Наши размышления должны были лишь мимоходом обратить осмысление на то, что независимо от того, что сущее есть, ничто бытийствует и вовсе не «есть» то «ничтожное», в качестве которого его охотно отбрасывают. Обычный рассудок, правда, полагает, что ничто наступает только тогда, когда устранено всё сущее. Но поскольку в этом случае был бы устранен и человек, не осталось бы никого, кто мог бы помыслить ничто, чем и доказывается, что ничто покоится на воображении и простой игре рассудка — но́ лишь до тех пор, пока рассудком злоупотребляют, вместо того чтобы пользоваться им исключительно для повседневных дел. То, что рассудок здесь имеет свою законную «область», никто не станет оспаривать. Но именно потому и позволительно усомниться, обладает ли обычный рассудок безоговорочно и «легитимацией» на то, чтобы выносить решения о существе ничто. Поэтому необходимо указать, что ничто, хотя и есть самое пустое из пустого, одновременно нигде более не имеет себе подобного. Эта двойная характеристика ничто имеет для данного вопроса особое значение: ничто есть самое пустое — и единственно.
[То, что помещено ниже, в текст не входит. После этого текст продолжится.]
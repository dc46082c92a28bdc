//! The ids in the root of a song.

ghost use Rattle.std.specs.Prelude.{◌≡◌, ◌≤◌, ◌<◌, ℕ, List, All, length, map, slice_index};
ghost use Rattle.ft_types.specs.declared.module.Module.{Module};
ghost use Rattle.ft_edits.specs.Lists.{without_last};
ghost use Rattle.ft_changes.specs.Parts.{put};
ghost use Rattle.ft_segments.specs.Packing.{word_at};
ghost use Rattle.ft_segments.specs.Walk.{Placed, ids_of};
ghost use Rattle.ft_image.specs.Laid.{song_root_word};
ghost use Rattle.ft_image.specs.Shown.{Shows};
ghost use Rattle.ft_roots.specs.RootWords.{HasSongWords};

use ft_image::{other_words_stay, with_id};

/// Puts the root of a pattern in place of another, or behind the last.
pub fn put_pattern_id(words: &mut [u64; 256], pattern: u16, id: u16)
    requires { pattern < 256 }
    ensures { (m : Module) (patterns instruments : List ℕ) → All (λ x. x < 65536) patterns
        → pattern ≤ length patterns → HasSongWords words.old m patterns instruments
        → HasSongWords words.new m (put pattern id patterns) instruments }
{
    other_words_stay();
    let at = 40 + usize::from(pattern / 4);
    words[at] = with_id(words[at], (pattern % 4) as u8, id);
}

/// Takes the last root of so many patterns out.
pub fn drop_pattern_id(words: &mut [u64; 256], count: u16)
    requires { (1 ≤ count) × (count ≤ 256) }
    ensures { (m : Module) (patterns instruments : List ℕ) → All (λ x. x < 65536) patterns
        → length patterns ≡ count → HasSongWords words.old m patterns instruments
        → HasSongWords words.new m (without_last patterns) instruments }
{
    other_words_stay();
    let last = count - 1;
    let at = 40 + usize::from(last / 4);
    words[at] = with_id(words[at], (last % 4) as u8, 0);
}

/// Puts the root of an instrument, from 0, in place of another, or behind the last.
pub fn put_instrument_id(words: &mut [u64; 256], instrument: u16, id: u16)
    requires { instrument < 128 }
    ensures { (m : Module) (patterns instruments : List ℕ) → All (λ x. x < 65536) instruments
        → instrument ≤ length instruments → HasSongWords words.old m patterns instruments
        → HasSongWords words.new m patterns (put instrument id instruments) }
{
    other_words_stay();
    let at = 104 + usize::from(instrument / 4);
    words[at] = with_id(words[at], (instrument % 4) as u8, id);
}

/// An array that holds the words of a song has at each place the word of its root.
pub fn song_words_are_those_of_the_root()
    ensures { (words : List ℕ) (m : Module) (patterns instruments : List ℕ)
        → HasSongWords words m patterns instruments → (place : ℕ) → place < 256
        → slice_index words place ≡ song_root_word m patterns instruments place }
{}

/// The words of the root of a shown song are those of the song, with the roots that its walk finds.
pub fn a_shown_song_has_its_words()
    ensures words { (words : List ℕ) (placed : Placed) (m : Module) → Shows placed m
        → ((place : ℕ) → place < 256
        → slice_index words place ≡ word_at placed.pool placed.root place)
        → HasSongWords words m (map (λ pattern. pattern.root) (ids_of placed).patterns)
        (map (λ instrument. instrument.root) (ids_of placed).instruments) }
    ensures small { (placed : Placed)
        → All (λ x. x < 65536) (map (λ pattern. pattern.root) (ids_of placed).patterns)
        × All (λ x. x < 65536) (map (λ instrument. instrument.root) (ids_of placed).instruments) }
{}
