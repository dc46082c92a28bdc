//! The root of an instrument.

ghost use Rattle.std.specs.Prelude.{◌≡◌, ◌≤◌, ◌<◌, ◌+◌, ◌-◌, ◌*◌, ℕ, List, [], All, None, length, map, set, slice_index};
ghost use Rattle.ft_types.specs.declared.module.Module.{Module};
ghost use Rattle.ft_types.specs.declared.instrument.Instrument.{Instrument};
ghost use Rattle.ft_types.specs.declared.instrument.Point.{Point};
ghost use Rattle.ft_types.specs.declared.sample.Sample.{Sample};
ghost use Rattle.ft_types.specs.Valid.{IsValidInstrument, IsValidPoint};
ghost use Rattle.ft_segments.specs.Packing.{bytes_word, word_at};
ghost use Rattle.ft_segments.specs.Walk.{InstrumentIds};
ghost use Rattle.ft_edits.specs.Lists.{without_last};
ghost use Rattle.ft_edits.specs.Instruments.{zero_instrument, named_only, with_map, with_envelope, with_head, with_point};
ghost use Rattle.ft_edits.specs.Faults.{fault_of};
ghost use Rattle.ft_edits.specs.Changes.{instrument_changed};
ghost use Rattle.ft_changes.specs.Parts.{put};
ghost use Rattle.ft_image.specs.Values.{points_word};
ghost use Rattle.ft_image.specs.Shown.{ShowsInstrument};
ghost use Rattle.ft_image.specs.Laid.{instrument_root_word};
ghost use Rattle.ft_roots.specs.RootWords.{HasInstrumentWords};
ghost use Rattle.ft_roots.specs.PartEdits.{ChangesInstrumentAlone};

use crate::name::put_name;
use ft_edits::allowed_edits_name_what_is_there;
use ft_image::{other_words_stay, with_byte, with_id};
use ft_types::Edit;

// ---- the samples that it has

/// Puts the root of a sample, from 0, in place of another, or behind the last.
pub fn put_sample_id(words: &mut [u64; 256], s: u8, id: u16)
    requires { s < 16 }
    ensures { (x : Instrument) (samples : List ℕ) → All (λ n. n < 65536) samples
        → s ≤ length samples → HasInstrumentWords words.old x samples
        → HasInstrumentWords words.new x (put s id samples) }
{
    other_words_stay();
    let at = 30 + usize::from(s / 4);
    words[at] = with_id(words[at], s % 4, id);
}

/// Takes the last root of so many samples out.
pub fn drop_sample_id(words: &mut [u64; 256], count: u8)
    requires { (1 ≤ count) × (count ≤ 16) }
    ensures { (x : Instrument) (samples : List ℕ) → All (λ n. n < 65536) samples
        → length samples ≡ count → HasInstrumentWords words.old x samples
        → HasInstrumentWords words.new x (without_last samples) }
{
    other_words_stay();
    let last = count - 1;
    let at = 30 + usize::from(last / 4);
    words[at] = with_id(words[at], last % 4, 0);
}

/// Says that there is one sample more. Which sample that is stands in the ids.
pub fn count_sample_more(words: &mut [u64; 256])
    ensures { (x : Instrument) (samples : List Sample) (ids : List ℕ) → length x.samples < 16
        → length samples ≡ length x.samples + 1 → HasInstrumentWords words.old x ids
        → HasInstrumentWords words.new (record x { samples = samples }) ids }
{
    words[0] = words[0].saturating_add(1);
}

/// Says that there is one sample less.
pub fn count_sample_less(words: &mut [u64; 256])
    ensures { (x : Instrument) (samples : List Sample) (ids : List ℕ)
        → length x.samples ≡ length samples + 1 → HasInstrumentWords words.old x ids
        → HasInstrumentWords words.new (record x { samples = samples }) ids }
{
    words[0] = words[0].saturating_sub(1);
}

// ---- an instrument that says nothing but its name

/// The words of an instrument that is all 0.
pub fn bare_words() -> [u64; 256]
    ensures { HasInstrumentWords result zero_instrument [] }
{
    let words = [0; 256];
    words
}

/// Takes all out but the name.
pub fn name_words_alone(words: &mut [u64; 256])
    ensures { (x : Instrument) (ids : List ℕ) → HasInstrumentWords words.old x ids
        → HasInstrumentWords words.new (named_only x.name) [] }
{
    let mut bare = [0; 256];
    bare[3] = words[3];
    bare[4] = words[4];
    bare[5] = words[5];
    *words = bare;
}

// ---- its parts

/// Four bytes of a row of at most eight, from a place on, become others.
fn with_four_bytes(word: u64, first: u8, a: u8, b: u8, c: u8, d: u8) -> u64
    requires { first ≤ 4 }
    ensures { (row : List ℕ) → All (λ n. n < 256) row → first + 4 ≤ length row
        → word ≡ bytes_word row 0 → result ≡ bytes_word
        (set (set (set (set row first a) (first + 1) b) (first + 2) c) (first + 3) d) 0 }
{
    let one = with_byte(word, first, a);
    let two = with_byte(one, first + 1, b);
    let three = with_byte(two, first + 2, c);
    with_byte(three, first + 3, d)
}

/// Gives the instrument another name.
fn put_instrument_name(words: &mut [u64; 256], name: &[u8; 22])
    ensures { (x : Instrument) (ids : List ℕ) → HasInstrumentWords words.old x ids
        → HasInstrumentWords words.new (record x { name = name.now }) ids }
{
    put_name(words, name);
}

/// A note plays another sample.
fn put_note(words: &mut [u64; 256], n: u8, k: u8)
    ensures { (x : Instrument) (ids : List ℕ) → IsValidInstrument x → n ≤ 95
        → HasInstrumentWords words.old x ids
        → HasInstrumentWords words.new (with_map n k x) ids }
{
    other_words_stay();
    let at = 6 + usize::from(n / 8);
    words[at] = with_byte(words[at], n % 8, k);
}

/// The counts and places of an envelope become others: sustain, loop start, loop end and flags.
fn put_envelope(words: &mut [u64; 256], w: u8, count: u8, places: [u8; 4])
    ensures { (x : Instrument) (ids : List ℕ) → IsValidInstrument x
        → HasInstrumentWords words.old x ids
        → HasInstrumentWords words.new (with_envelope w (with_head count
        (slice_index places 0) (slice_index places 1) (slice_index places 2)
        (slice_index places 3)) x) ids }
{
    let [sustain, start, end, flags] = places;
    if w == 0 {
        words[0] = with_byte(words[0], 1, count);
        words[1] = with_four_bytes(words[1], 0, sustain, start, end, flags);
    } else {
        words[0] = with_byte(words[0], 2, count);
        words[1] = with_four_bytes(words[1], 4, sustain, start, end, flags);
    }
}

/// A word of two points, of which one becomes another.
fn with_one_point(word: u64, k: u8, x: u16, y: u16) -> u64
    requires { k < 2 }
    ensures { (points : List Point) (j : ℕ) → length points ≡ 12 → All IsValidPoint points
        → j < 6 → word ≡ points_word points j
        → result ≡ points_word (set points (2 * j + k) (record { x = x; y = y })) j }
{
    with_id(with_id(word, 2 * k, x), 2 * k + 1, y)
}

/// A point of an envelope becomes another.
fn put_point(words: &mut [u64; 256], w: u8, k: u8, x: u16, y: u16)
    ensures { (old : Instrument) (ids : List ℕ) → IsValidInstrument old → k ≤ 11
        → HasInstrumentWords words.old old ids
        → HasInstrumentWords words.new
        (with_envelope w (with_point k (record { x = x; y = y })) old) ids }
{
    let first = if w == 0 { 18 } else { 24 };
    let at = first + usize::from(k / 2);
    words[at] = with_one_point(words[at], k % 2, x, y);
}

/// The automatic vibrato becomes another.
fn put_vibrato(words: &mut [u64; 256], kind: u8, sweep: u8, depth: u8, rate: u8)
    ensures { (x : Instrument) (ids : List ℕ) → IsValidInstrument x
        → HasInstrumentWords words.old x ids
        → HasInstrumentWords words.new (record x
        { vibrato = record { kind = kind; sweep = sweep; depth = depth; rate = rate } }) ids }
{
    words[0] = with_four_bytes(words[0], 3, kind, sweep, depth, rate);
}

/// The fadeout becomes another.
fn put_fadeout(words: &mut [u64; 256], n: u16)
    ensures { (x : Instrument) (ids : List ℕ) → HasInstrumentWords words.old x ids
        → HasInstrumentWords words.new (record x { fadeout = n }) ids }
{
    words[2] = u64::from(n);
}

/// Changes an instrument's name, note map, envelopes, vibrato or fadeout. Another edit leaves the
/// words.
pub fn change_instrument_words(words: &mut [u64; 256], e: &Edit)
    ensures changed { (m : Module) (x : Instrument) (ids : List ℕ)
        → ChangesInstrumentAlone e.now → IsValidInstrument x → fault_of m e.now ≡ None
        → HasInstrumentWords words.old x ids
        → HasInstrumentWords words.new (instrument_changed e.now x) ids }
    ensures others { (ChangesInstrumentAlone e.now → ⊥) → words.new ≡ words.old }
{
    allowed_edits_name_what_is_there();
    match e {
        Edit::Insname { name, .. } => put_instrument_name(words, name),
        Edit::Map { n, k, .. } => put_note(words, *n, *k),
        Edit::Env {
            w,
            count,
            sus,
            ls,
            le,
            flags,
            ..
        } => put_envelope(words, *w, *count, [*sus, *ls, *le, *flags]),
        Edit::Point { w, k, x, y, .. } => put_point(words, *w, *k, *x, u16::from(*y)),
        Edit::Vib {
            kind,
            sweep,
            depth,
            rate,
            ..
        } => put_vibrato(words, *kind, *sweep, *depth, *rate),
        Edit::Fade { n, .. } => put_fadeout(words, *n),
        _ => {}
    }
}

// ---- laws

/// Each word is that of the table, and of the samples the words say only how many there are. This
/// function does nothing.
pub fn an_instrument_has_the_words_of_its_root()
    ensures words { (words : List ℕ) (x : Instrument) (ids : List ℕ) (k : ℕ)
        → HasInstrumentWords words x ids → k < 256
        → slice_index words k ≡ instrument_root_word x ids k }
    ensures shown { (pool words : List ℕ) (x : Instrument) (ids : InstrumentIds)
        → ShowsInstrument pool x ids
        → ((k : ℕ) → k < 256 → slice_index words k ≡ word_at pool ids.root k)
        → HasInstrumentWords words x (map (λ sample. sample.root) ids.samples) }
    ensures samples { (words : List ℕ) (x : Instrument) (samples : List Sample) (ids : List ℕ)
        → length samples ≡ length x.samples → HasInstrumentWords words x ids
        → HasInstrumentWords words (record x { samples = samples }) ids }
{}
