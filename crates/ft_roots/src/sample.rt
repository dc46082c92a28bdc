//! The root of a sample.

ghost use Rattle.std.specs.Prelude.{◌≡◌, ◌<◌, ℕ, ℤ, Bool, List, [], None, length, map, slice_index};
ghost use Rattle.ft_types.specs.declared.module.Module.{Module};
ghost use Rattle.ft_types.specs.declared.sample.Sample.{Sample};
ghost use Rattle.ft_types.specs.Valid.{IsValidSample};
ghost use Rattle.ft_segments.specs.Packing.{word_at};
ghost use Rattle.ft_segments.specs.Walk.{SampleIds};
ghost use Rattle.ft_edits.specs.Samples.{new_sample, with_loop, refitted};
ghost use Rattle.ft_edits.specs.Faults.{fault_of};
ghost use Rattle.ft_edits.specs.Changes.{sample_changed};
ghost use Rattle.ft_image.specs.Shown.{ShowsSample};
ghost use Rattle.ft_image.specs.Laid.{sample_root_word};
ghost use Rattle.ft_roots.specs.RootWords.{HasSampleWords};
ghost use Rattle.ft_roots.specs.PartEdits.{ChangesSample, NamesSample};

use crate::name::put_name;
use ft_edits::{allowed_edits_name_what_is_there, holds_fields};
use ft_image::ids_word;
use ft_types::Edit;

/// The words of a sample without frames, of volume 64 and panning 128.
pub fn new_sample_words() -> [u64; 256]
    ensures { HasSampleWords result new_sample [] }
{
    let mut words = [0; 256];
    words[1] = 64 * 281474976710656 + 128 * 72057594037927936;
    words
}

/// Gives the sample other indexes: at most four.
pub fn put_index_ids(words: &mut [u64; 256], ids: &[u16])
    ensures { (x : Sample) (before : List ℕ) → HasSampleWords words.old x before
        → HasSampleWords words.new x ids.now }
{
    words[16] = ids_word(ids, 0);
}

// ---- what the words say

/// The number of frames.
fn frames_in(words: &[u64; 256]) -> u32
    ensures { (x : Sample) (indexes : List ℕ) → IsValidSample x
        → HasSampleWords words.now x indexes → result ≡ length x.frames }
{
    (words[0] % 4294967296) as u32
}

/// Whether the frames have 16 bits.
fn wide_in(words: &[u64; 256]) -> bool
    ensures { (x : Sample) (indexes : List ℕ) → IsValidSample x
        → HasSampleWords words.now x indexes → result ≡ x.wide }
{
    words[1] / 1099511627776 % 256 == 1
}

/// The kind of the loop.
fn loop_kind_in(words: &[u64; 256]) -> u8
    ensures { (x : Sample) (indexes : List ℕ) → IsValidSample x
        → HasSampleWords words.now x indexes → result ≡ x.loop_kind }
{
    (words[1] / 4294967296 % 256) as u8
}

/// The first frame of the loop.
fn loop_start_in(words: &[u64; 256]) -> u32
    ensures { (x : Sample) (indexes : List ℕ) → IsValidSample x
        → HasSampleWords words.now x indexes → result ≡ x.loop_start }
{
    (words[0] / 4294967296) as u32
}

/// The length of the loop in frames.
fn loop_len_in(words: &[u64; 256]) -> u32
    ensures { (x : Sample) (indexes : List ℕ) → IsValidSample x
        → HasSampleWords words.now x indexes → result ≡ x.loop_len }
{
    (words[1] % 4294967296) as u32
}

// ---- its parts

/// Gives the sample another name.
fn put_sample_name(words: &mut [u64; 256], name: &[u8; 22])
    ensures { (x : Sample) (indexes : List ℕ) → HasSampleWords words.old x indexes
        → HasSampleWords words.new (record x { name = name.now }) indexes }
{
    put_name(words, name);
}

/// Gives the sample another volume, panning and tuning.
fn put_sound(words: &mut [u64; 256], volume: u8, finetune: i8, relative: i8, panning: u8)
    ensures { (x : Sample) (indexes : List ℕ) → IsValidSample x
        → HasSampleWords words.old x indexes
        → HasSampleWords words.new (record x {
          volume = volume;
          finetune = finetune;
          relative = relative;
          panning = panning;
        }) indexes }
{
    let sound = u64::from(volume) + 256 * u64::from(panning);
    words[1] = words[1] % 281474976710656 + 281474976710656 * sound;
    let fine = u64::from(finetune.cast_unsigned());
    words[2] = fine + 256 * u64::from(relative.cast_unsigned());
}

/// Gives the sample that many frames, of 8 or 16 bits, and these numbers of a loop.
fn put_numbers(words: &mut [u64; 256], frames: u32, wide: bool, kind: u8, start: u32, len: u32)
    ensures { (x : Sample) (indexes : List ℕ) (new : List ℤ) → IsValidSample x
        → length new ≡ frames → HasSampleWords words.old x indexes
        → HasSampleWords words.new (record x {
          wide = wide;
          loop_kind = kind;
          loop_start = start;
          loop_len = len;
          frames = new;
        }) indexes }
{
    let sound = words[1] / 281474976710656;
    let shape = u64::from(kind) + 256 * u64::from(wide) + 65536 * sound;
    words[0] = u64::from(frames) + 4294967296 * u64::from(start);
    words[1] = u64::from(len) + 4294967296 * shape;
}

/// Gives the sample that many frames, of 8 or 16 bits, and a loop; both its numbers are 0 where it
/// is none.
fn put_loop(words: &mut [u64; 256], frames: u32, wide: bool, kind: u8, start: u32, len: u32)
    ensures { (x : Sample) (indexes : List ℕ) (new : List ℤ) → IsValidSample x
        → length new ≡ frames → HasSampleWords words.old x indexes
        → HasSampleWords words.new
        (with_loop kind start len (record x { wide = wide; frames = new })) indexes }
{
    if kind == 0 {
        put_numbers(words, frames, wide, 0, 0, 0);
    } else {
        put_numbers(words, frames, wide, kind, start, len);
    }
}

/// Gives the sample that many frames, of 8 or 16 bits, and brings its loop into them.
pub fn set_frames(words: &mut [u64; 256], frames: u32, wide: bool)
    ensures { (x : Sample) (indexes : List ℕ) (new : List ℤ) → IsValidSample x
        → length new ≡ frames → HasSampleWords words.old x indexes
        → HasSampleWords words.new (refitted (record x { wide = wide; frames = new })) indexes }
{
    let start = frames.min(loop_start_in(words));
    let len = (frames - start).min(loop_len_in(words));
    if len == 0 {
        put_loop(words, frames, wide, 0, 0, 0);
    } else {
        let kind = loop_kind_in(words);
        put_loop(words, frames, wide, kind, start, len);
    }
}

/// A loop that lies within the frames stays as it is where there are as many. This function does
/// nothing.
pub fn a_loop_within_the_frames_stays()
    ensures { (x : Sample) (wide : Bool) (new : List ℤ) → IsValidSample x
        → length new ≡ length x.frames
        → refitted (record x { wide = wide; frames = new })
        ≡ record x { wide = wide; frames = new } }
{}

// ---- edits

/// The number of frames behind an edit of these frames.
fn frames_behind(frames: u32, e: &Edit) -> u32
    ensures { (m : Module) (x : Sample) → NamesSample m e.now x → fault_of m e.now ≡ None
        → length x.frames ≡ frames → result ≡ length (sample_changed e.now x).frames }
{
    allowed_edits_name_what_is_there();
    match e {
        Edit::Cut { from, to, .. } => frames.saturating_sub(to.saturating_sub(*from)),
        Edit::Paste { frames: new, .. } => frames.saturating_add(new.len().min(4294967295) as u32),
        _ => frames,
    }
}

/// Changes a sample. Another edit leaves the words.
pub fn change_sample_words(words: &mut [u64; 256], e: &Edit)
    ensures changed { (m : Module) (x : Sample) (indexes : List ℕ) → NamesSample m e.now x
        → IsValidSample x → fault_of m e.now ≡ None → HasSampleWords words.old x indexes
        → HasSampleWords words.new (sample_changed e.now x) indexes }
    ensures others { (ChangesSample e.now → ⊥) → words.new ≡ words.old }
{
    allowed_edits_name_what_is_there();
    let frames = frames_in(words);
    let wide = wide_in(words);
    match e {
        Edit::Smpname { name, .. } => put_sample_name(words, name),
        Edit::Smp {
            vol,
            fine,
            rel,
            pan,
            ..
        } => {
            holds_fields(e);
            put_sound(words, *vol, *fine, *rel, *pan);
        }
        Edit::Loop {
            kind,
            start,
            len,
            ..
        } => put_loop(words, frames, wide, *kind, *start, *len),
        Edit::Cut { .. } | Edit::Paste { .. } => {
            set_frames(words, frames_behind(frames, e), wide);
        }
        Edit::Bits { b, .. } => set_frames(words, frames, *b == 16),
        _ => {}
    }
}

// ---- laws

/// Each word is that of the table. This function does nothing.
pub fn a_sample_has_the_words_of_its_root()
    ensures words { (words : List ℕ) (x : Sample) (indexes : List ℕ) (k : ℕ)
        → HasSampleWords words x indexes → k < 256
        → slice_index words k ≡ sample_root_word x indexes k }
    ensures shown { (pool words : List ℕ) (x : Sample) (ids : SampleIds)
        → ShowsSample pool x ids
        → ((k : ℕ) → k < 256 → slice_index words k ≡ word_at pool ids.root k)
        → HasSampleWords words x (map (λ index. index.root) ids.indexes) }
{}
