//! The root of a song, changed as an edit changes the song.

ghost use Rattle.std.specs.Prelude.{◌≡◌, ◌≤◌, ◌<◌, ◌+◌, ℕ, List, None, length, set, insert, nat_lt, if◌then◌else◌};
ghost use Rattle.ft_types.specs.declared.module.Module.{Module};
ghost use Rattle.ft_types.specs.Valid.{IsValid};
ghost use Rattle.ft_edits.specs.Faults.{fault_of};
ghost use Rattle.ft_edits.specs.Groups.{group_of};
ghost use Rattle.ft_edits.specs.Edited.{edited, without_order};
ghost use Rattle.ft_roots.specs.RootWords.{HasSongWords};

use crate::song_head::{
    restart_of, with_bpm, with_instrument_more, with_pattern_less, with_pattern_more, with_restart,
    with_tempo,
};
use crate::song_rows::{orders_in, put_orders, put_title};
use ft_edits::{Group, allowed_edits_name_what_is_there, group_of};
use ft_image::{other_words_stay, with_byte};
use ft_types::Edit;

/// Sets an order.
fn set_order(words: &mut [u64; 256], pos: u16, p: u8)
    ensures { (m : Module) (patterns instruments : List ℕ) → IsValid m → pos < length m.orders
        → HasSongWords words.old m patterns instruments
        → HasSongWords words.new (record m { orders = set m.orders pos p }) patterns instruments }
{
    other_words_stay();
    if pos < 256 {
        let at = 8 + usize::from(pos / 8);
        words[at] = with_byte(words[at], (pos % 8) as u8, p);
    }
}

/// Puts an order before a position.
fn insert_order(words: &mut [u64; 256], pos: u16, p: u8)
    ensures { (m : Module) (patterns instruments : List ℕ) → IsValid m → pos ≤ length m.orders
        → length m.orders < 256 → HasSongWords words.old m patterns instruments
        → HasSongWords words.new (record m { orders = insert m.orders pos p })
        patterns instruments }
{
    let mut orders = orders_in(words);
    if orders.len() < 256 && usize::from(pos) <= orders.len() {
        orders.insert(usize::from(pos), p);
        put_orders(words, orders.as_slice());
    }
}

/// A restart that isn't below a number of orders becomes 0.
fn fit_restart(words: &mut [u64; 256], count: usize)
    ensures { (m : Module) (patterns instruments : List ℕ) → IsValid m
        → HasSongWords words.old m patterns instruments
        → HasSongWords words.new
        (record m { restart = if nat_lt m.restart count then m.restart else 0 })
        patterns instruments }
{
    if usize::from(restart_of(words[0])) >= count {
        words[0] = with_restart(words[0], 0);
    }
}

/// Takes an order out. A restart past the end becomes 0.
fn remove_order(words: &mut [u64; 256], pos: u16)
    ensures { (m : Module) (patterns instruments : List ℕ) → IsValid m → pos < length m.orders
        → HasSongWords words.old m patterns instruments
        → HasSongWords words.new (without_order pos m) patterns instruments }
{
    let mut orders = orders_in(words);
    if usize::from(pos) < orders.len() {
        orders.remove(usize::from(pos));
        fit_restart(words, orders.len());
        put_orders(words, orders.as_slice());
    }
}

/// Changes the root as an edit of the song as a whole does.
fn change_whole(words: &mut [u64; 256], e: &Edit)
    requires group { group_of e.now ≡ Group.Song }
    ensures { (m : Module) (patterns instruments : List ℕ) → IsValid m → fault_of m e.now ≡ None
        → HasSongWords words.old m patterns instruments
        → HasSongWords words.new (edited m e.now) patterns instruments }
{
    allowed_edits_name_what_is_there();
    match e {
        Edit::Order { pos, p } => set_order(words, *pos, *p),
        Edit::Insorder { pos, p } => insert_order(words, *pos, *p),
        Edit::Delorder { pos } => remove_order(words, *pos),
        Edit::Restart { pos } => words[0] = with_restart(words[0], *pos),
        Edit::Tempo { n } => words[0] = with_tempo(words[0], *n),
        Edit::Bpm { n } => words[0] = with_bpm(words[0], *n),
        Edit::Title { name } => put_title(words, name),
        Edit::Newpat { .. } => words[1] = with_pattern_more(words[1]),
        Edit::Delpat => words[1] = with_pattern_less(words[1]),
        _ => {}
    }
}

/// Changes the root of a song as an edit does that isn't refused, but for the roots that it names:
/// those are put by functions of their own.
pub fn change_song_words(words: &mut [u64; 256], e: &Edit)
    ensures { (m : Module) (patterns instruments : List ℕ) → IsValid m → fault_of m e.now ≡ None
        → HasSongWords words.old m patterns instruments
        → HasSongWords words.new (edited m e.now) patterns instruments }
{
    match group_of(e) {
        Group::Song => change_whole(words, e),
        Group::Instruments => {
            if let Edit::Newins = e {
                words[1] = with_instrument_more(words[1]);
            }
        }
        _ => {}
    }
}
Но то же самое справедливо и в отношении бытия. Тогда бытие и ничто были бы одним и тем же — странное слово, которое теперь, задним числом, всё же, кажется, подтверждает уже упомянутое подозрение, будто бытие есть лишь ничтожная и лишенная состоятельности абстракция.

Однако ничто для нас — не что-то ничтожное: ужас перед уничтожением и содрогание перед опустошением отступают перед тем, что, по-видимому, не так-то просто можно счесть за голое воображение и за нечто, лишенное состоятельности. В качестве свидетельства Хайдеггер приводит слова Гёльдерлина из письма к брату от 2 ноября 1797 года: «Чем больше мы искушаемы Ничто, которое, как бездна, зияет вокруг нас, или же тысячекратным Нечто общества и деятельности людей, которое, лишенное облика, души и любви, преследует, рассеивает нас, — тем страстнее, неистовее и яростнее должно быть сопротивление с нашей стороны. Или не должно?..»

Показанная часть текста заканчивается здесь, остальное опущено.